# Directions for this task:
Please return only the lines from the one holding "0x41..=0x46 => Some(c" through the one holding "book (document 01, Word book).", exactly as they appear in the records below, both ends included.

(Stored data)
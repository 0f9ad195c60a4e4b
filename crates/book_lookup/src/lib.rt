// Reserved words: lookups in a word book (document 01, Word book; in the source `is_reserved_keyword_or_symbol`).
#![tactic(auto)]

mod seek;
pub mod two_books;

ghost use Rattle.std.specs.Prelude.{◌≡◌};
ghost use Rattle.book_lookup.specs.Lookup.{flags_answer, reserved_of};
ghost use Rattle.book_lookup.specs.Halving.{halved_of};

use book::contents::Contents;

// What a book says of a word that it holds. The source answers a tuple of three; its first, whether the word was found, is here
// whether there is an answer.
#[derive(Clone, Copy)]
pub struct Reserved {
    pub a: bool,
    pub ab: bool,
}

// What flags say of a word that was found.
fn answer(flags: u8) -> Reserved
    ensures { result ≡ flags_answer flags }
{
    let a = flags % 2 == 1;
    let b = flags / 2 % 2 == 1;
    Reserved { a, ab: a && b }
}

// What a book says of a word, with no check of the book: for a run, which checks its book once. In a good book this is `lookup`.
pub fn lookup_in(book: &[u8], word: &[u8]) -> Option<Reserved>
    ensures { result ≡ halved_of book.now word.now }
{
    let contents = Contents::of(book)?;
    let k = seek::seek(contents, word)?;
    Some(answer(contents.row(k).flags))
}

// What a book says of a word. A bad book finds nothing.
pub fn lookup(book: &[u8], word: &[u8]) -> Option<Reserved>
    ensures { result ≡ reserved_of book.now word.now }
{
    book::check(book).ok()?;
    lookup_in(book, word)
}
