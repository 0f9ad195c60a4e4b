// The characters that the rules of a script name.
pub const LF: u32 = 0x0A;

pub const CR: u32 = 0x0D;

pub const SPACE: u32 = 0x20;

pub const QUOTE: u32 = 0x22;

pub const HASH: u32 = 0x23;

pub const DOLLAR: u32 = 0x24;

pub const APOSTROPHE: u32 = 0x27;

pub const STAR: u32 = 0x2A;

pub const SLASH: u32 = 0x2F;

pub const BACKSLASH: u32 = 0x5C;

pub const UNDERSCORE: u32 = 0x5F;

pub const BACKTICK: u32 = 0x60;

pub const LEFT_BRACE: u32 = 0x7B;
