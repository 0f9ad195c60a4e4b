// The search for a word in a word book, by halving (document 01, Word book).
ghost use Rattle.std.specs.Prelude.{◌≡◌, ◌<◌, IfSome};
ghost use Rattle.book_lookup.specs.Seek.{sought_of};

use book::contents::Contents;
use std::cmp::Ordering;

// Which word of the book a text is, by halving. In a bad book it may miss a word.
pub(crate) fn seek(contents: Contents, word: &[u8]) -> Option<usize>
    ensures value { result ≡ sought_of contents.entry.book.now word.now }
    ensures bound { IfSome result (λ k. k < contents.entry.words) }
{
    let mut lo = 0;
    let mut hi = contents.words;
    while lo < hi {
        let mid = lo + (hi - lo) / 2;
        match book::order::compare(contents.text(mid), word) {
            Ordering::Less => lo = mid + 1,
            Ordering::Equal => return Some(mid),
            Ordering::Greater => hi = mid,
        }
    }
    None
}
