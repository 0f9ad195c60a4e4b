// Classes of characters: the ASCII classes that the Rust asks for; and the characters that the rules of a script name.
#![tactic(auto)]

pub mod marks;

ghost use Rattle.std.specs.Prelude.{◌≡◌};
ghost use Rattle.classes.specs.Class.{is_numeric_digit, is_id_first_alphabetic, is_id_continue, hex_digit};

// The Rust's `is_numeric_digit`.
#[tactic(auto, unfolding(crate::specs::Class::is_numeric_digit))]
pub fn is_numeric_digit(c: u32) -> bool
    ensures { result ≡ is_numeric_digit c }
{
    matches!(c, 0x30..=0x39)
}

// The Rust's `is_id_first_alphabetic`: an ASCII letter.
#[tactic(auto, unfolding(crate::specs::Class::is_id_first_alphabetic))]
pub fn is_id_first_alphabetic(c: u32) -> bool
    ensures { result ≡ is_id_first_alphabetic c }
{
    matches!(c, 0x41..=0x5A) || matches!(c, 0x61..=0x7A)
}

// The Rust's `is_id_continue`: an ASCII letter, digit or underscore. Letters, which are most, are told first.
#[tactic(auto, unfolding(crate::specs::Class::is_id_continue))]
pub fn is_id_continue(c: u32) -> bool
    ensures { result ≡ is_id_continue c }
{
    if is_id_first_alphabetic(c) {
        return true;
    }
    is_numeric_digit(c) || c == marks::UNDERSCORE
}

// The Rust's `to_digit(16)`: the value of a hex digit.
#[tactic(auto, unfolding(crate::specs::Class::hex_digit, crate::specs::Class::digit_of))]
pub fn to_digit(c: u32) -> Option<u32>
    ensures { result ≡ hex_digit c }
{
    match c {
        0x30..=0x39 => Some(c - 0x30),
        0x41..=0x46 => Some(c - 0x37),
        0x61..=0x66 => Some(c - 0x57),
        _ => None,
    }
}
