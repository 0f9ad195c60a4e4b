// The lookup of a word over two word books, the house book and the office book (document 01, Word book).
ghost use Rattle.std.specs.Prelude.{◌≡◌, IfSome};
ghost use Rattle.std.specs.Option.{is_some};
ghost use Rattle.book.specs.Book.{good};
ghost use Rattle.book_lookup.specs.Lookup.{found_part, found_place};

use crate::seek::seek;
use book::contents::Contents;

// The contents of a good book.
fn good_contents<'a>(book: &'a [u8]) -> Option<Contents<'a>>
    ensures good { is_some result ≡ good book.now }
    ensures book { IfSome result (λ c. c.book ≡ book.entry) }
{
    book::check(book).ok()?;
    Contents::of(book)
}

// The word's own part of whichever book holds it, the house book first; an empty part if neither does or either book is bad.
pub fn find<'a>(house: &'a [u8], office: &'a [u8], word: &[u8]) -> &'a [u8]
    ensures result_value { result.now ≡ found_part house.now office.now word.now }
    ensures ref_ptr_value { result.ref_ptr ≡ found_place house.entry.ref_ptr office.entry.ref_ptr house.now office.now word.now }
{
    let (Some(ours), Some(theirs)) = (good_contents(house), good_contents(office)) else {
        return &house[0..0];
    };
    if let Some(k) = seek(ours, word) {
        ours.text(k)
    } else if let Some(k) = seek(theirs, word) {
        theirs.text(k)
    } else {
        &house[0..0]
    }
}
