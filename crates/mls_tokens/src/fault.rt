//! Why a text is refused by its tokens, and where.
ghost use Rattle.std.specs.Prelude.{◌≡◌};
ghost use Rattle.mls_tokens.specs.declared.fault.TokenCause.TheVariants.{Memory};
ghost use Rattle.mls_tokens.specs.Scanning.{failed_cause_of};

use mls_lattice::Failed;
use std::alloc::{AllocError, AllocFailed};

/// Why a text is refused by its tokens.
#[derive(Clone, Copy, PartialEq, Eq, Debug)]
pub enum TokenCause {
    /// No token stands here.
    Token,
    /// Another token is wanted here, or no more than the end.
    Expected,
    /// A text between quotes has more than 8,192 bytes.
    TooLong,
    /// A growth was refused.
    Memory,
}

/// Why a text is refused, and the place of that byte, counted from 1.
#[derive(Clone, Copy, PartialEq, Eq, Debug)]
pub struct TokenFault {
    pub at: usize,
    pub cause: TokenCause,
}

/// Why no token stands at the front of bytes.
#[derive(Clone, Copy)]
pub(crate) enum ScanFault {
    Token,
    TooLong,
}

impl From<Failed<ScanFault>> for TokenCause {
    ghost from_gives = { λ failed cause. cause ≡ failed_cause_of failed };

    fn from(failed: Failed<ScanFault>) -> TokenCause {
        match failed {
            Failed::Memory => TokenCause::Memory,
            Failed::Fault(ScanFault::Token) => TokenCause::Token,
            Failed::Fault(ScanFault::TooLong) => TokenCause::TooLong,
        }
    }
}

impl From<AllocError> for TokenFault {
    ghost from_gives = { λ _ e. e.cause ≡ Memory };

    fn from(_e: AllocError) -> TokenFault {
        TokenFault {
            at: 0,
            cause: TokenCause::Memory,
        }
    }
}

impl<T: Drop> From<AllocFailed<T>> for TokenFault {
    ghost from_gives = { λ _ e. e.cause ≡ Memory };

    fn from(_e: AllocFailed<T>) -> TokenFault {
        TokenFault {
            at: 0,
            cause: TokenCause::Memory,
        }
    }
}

# Result of the exercise:
        0x41..=0x46 => Some(c - 0x37),
        0x61..=0x66 => Some(c - 0x57),
        _ => None,
    }
}
repository 0f9ad195c60a4e4b
// The lookup of a word over two word books, the house book and the office book (document 01, Word book).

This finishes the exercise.